'''

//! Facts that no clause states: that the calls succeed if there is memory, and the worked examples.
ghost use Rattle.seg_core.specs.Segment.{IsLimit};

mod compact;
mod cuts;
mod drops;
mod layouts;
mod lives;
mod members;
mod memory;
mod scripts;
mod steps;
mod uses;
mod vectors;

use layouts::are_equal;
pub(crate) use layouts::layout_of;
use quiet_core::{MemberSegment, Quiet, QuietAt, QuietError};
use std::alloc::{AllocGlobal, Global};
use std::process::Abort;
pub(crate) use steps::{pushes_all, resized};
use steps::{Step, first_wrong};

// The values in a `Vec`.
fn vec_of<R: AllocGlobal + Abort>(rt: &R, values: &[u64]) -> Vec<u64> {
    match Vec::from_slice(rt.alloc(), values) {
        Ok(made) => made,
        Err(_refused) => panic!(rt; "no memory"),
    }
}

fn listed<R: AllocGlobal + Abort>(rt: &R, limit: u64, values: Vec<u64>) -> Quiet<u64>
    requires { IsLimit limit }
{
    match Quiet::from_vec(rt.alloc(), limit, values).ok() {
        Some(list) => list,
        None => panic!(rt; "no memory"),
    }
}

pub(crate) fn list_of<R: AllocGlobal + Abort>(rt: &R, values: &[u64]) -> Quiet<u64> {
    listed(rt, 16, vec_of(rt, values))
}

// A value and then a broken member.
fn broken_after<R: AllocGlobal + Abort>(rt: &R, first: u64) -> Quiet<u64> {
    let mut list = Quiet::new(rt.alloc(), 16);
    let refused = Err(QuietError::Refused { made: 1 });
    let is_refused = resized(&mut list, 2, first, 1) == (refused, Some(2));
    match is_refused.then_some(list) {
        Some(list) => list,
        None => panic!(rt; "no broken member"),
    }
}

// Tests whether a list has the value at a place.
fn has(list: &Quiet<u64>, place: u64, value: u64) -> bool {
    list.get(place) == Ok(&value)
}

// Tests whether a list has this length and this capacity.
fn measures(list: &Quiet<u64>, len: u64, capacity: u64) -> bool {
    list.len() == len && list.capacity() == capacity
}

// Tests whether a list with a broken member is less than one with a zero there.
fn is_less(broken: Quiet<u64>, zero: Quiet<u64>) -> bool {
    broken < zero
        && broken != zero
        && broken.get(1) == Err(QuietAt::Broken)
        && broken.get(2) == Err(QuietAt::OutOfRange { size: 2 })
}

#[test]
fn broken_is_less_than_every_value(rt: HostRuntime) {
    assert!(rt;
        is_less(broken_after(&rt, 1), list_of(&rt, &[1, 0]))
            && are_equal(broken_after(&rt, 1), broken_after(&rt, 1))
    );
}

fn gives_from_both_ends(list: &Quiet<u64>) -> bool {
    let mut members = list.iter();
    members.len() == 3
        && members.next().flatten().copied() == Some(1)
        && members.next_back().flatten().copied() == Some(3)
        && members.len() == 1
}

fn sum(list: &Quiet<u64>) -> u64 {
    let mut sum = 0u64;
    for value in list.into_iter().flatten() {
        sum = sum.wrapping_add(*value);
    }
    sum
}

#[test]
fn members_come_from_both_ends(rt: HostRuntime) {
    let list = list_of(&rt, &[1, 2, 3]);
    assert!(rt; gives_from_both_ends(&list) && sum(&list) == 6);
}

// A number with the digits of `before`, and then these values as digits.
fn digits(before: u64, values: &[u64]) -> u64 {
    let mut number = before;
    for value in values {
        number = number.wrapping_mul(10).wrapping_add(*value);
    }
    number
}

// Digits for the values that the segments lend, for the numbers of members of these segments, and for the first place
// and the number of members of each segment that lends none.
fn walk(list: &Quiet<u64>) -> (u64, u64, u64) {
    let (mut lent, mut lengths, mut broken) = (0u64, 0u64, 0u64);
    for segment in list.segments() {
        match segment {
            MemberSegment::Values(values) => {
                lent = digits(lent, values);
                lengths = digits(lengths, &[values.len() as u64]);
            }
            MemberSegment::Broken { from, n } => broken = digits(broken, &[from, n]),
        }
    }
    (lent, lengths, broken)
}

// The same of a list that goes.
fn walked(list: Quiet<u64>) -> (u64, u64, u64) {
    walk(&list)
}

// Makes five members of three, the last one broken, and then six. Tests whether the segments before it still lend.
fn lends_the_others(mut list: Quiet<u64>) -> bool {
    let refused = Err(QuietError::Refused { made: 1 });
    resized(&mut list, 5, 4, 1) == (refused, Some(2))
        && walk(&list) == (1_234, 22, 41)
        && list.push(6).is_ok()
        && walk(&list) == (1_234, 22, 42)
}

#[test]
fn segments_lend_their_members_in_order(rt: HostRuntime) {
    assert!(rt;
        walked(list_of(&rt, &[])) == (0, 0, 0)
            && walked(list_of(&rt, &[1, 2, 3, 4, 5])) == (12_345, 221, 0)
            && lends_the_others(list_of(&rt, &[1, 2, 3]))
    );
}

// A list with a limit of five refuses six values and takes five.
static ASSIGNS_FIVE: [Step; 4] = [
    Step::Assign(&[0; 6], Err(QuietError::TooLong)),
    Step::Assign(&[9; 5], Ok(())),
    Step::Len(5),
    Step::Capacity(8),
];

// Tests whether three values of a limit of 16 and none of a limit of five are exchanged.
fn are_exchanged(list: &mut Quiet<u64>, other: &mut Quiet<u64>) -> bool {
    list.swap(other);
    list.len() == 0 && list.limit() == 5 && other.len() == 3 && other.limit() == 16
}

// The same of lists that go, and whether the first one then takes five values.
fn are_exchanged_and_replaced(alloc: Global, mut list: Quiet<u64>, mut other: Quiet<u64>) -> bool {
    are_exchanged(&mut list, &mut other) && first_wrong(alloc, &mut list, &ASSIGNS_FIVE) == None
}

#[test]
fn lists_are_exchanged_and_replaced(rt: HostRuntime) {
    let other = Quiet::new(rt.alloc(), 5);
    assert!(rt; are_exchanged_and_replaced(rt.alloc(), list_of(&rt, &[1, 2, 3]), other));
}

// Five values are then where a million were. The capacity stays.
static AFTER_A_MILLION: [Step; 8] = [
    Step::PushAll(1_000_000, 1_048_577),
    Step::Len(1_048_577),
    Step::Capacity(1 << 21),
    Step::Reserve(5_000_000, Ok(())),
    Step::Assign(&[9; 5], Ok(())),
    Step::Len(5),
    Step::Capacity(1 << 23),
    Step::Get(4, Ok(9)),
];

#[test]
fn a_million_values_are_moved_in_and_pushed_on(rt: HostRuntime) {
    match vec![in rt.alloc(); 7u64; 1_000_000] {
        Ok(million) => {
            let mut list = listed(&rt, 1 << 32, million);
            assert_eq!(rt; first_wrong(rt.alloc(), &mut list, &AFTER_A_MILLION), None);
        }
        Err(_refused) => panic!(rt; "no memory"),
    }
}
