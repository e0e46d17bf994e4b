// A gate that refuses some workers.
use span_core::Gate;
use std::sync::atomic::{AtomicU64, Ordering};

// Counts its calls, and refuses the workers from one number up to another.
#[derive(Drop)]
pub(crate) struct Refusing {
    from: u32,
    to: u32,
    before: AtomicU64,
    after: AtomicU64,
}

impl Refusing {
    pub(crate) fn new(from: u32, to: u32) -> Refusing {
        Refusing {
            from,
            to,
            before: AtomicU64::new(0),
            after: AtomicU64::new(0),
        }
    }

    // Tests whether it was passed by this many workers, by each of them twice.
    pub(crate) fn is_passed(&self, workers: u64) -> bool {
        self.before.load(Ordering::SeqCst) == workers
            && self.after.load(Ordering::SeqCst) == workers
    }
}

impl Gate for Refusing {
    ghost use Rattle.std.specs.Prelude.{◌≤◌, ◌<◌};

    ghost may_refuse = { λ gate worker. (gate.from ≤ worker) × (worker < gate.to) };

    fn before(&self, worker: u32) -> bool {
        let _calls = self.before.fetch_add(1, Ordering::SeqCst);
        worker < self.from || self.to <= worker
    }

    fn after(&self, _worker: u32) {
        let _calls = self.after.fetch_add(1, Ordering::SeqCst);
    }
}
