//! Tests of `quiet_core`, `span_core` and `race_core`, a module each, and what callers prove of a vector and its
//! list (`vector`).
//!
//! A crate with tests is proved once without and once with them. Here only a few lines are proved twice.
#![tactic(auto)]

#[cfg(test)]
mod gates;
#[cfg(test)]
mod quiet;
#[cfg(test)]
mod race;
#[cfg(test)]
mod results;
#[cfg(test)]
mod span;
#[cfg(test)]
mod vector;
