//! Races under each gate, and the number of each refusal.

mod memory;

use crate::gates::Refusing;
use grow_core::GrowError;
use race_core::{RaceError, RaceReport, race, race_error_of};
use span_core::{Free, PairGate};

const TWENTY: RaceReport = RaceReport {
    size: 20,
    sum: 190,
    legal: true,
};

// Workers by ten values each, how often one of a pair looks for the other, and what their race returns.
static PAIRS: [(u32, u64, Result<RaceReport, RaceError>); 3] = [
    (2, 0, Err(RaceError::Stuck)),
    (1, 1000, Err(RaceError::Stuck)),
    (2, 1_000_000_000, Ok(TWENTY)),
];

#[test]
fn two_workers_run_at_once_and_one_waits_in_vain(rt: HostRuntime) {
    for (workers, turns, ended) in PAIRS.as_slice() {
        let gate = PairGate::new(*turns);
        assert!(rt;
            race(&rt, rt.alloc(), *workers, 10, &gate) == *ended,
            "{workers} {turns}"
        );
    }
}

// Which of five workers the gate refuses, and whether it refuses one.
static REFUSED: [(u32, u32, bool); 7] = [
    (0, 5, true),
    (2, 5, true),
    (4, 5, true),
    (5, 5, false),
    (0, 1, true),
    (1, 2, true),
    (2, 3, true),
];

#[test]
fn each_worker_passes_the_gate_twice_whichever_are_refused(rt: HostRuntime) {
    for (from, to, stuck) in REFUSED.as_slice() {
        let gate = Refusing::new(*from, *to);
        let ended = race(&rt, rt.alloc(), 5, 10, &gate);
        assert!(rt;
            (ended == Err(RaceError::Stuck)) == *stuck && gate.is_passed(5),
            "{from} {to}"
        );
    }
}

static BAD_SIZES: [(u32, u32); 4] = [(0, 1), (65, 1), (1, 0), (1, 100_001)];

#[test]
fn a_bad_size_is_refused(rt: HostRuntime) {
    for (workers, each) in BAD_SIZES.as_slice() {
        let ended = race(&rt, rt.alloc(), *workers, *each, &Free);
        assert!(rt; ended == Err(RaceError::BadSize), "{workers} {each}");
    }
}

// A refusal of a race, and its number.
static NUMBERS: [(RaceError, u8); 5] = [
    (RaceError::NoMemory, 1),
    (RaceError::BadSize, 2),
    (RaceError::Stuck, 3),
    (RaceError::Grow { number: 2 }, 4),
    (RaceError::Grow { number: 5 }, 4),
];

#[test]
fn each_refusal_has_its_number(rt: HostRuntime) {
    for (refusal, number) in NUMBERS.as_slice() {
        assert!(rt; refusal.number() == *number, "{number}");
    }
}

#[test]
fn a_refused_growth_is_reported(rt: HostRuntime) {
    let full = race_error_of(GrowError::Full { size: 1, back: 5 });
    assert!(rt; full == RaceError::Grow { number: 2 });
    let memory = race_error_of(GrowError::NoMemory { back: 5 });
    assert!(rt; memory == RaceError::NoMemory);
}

'''

> **What is being asked**
All lines above with the word "steps" need to be reported.

> **Exercise response**
mod steps;
pub(crate) use steps::{pushes_all, resized};
use steps::{Step, first_wrong};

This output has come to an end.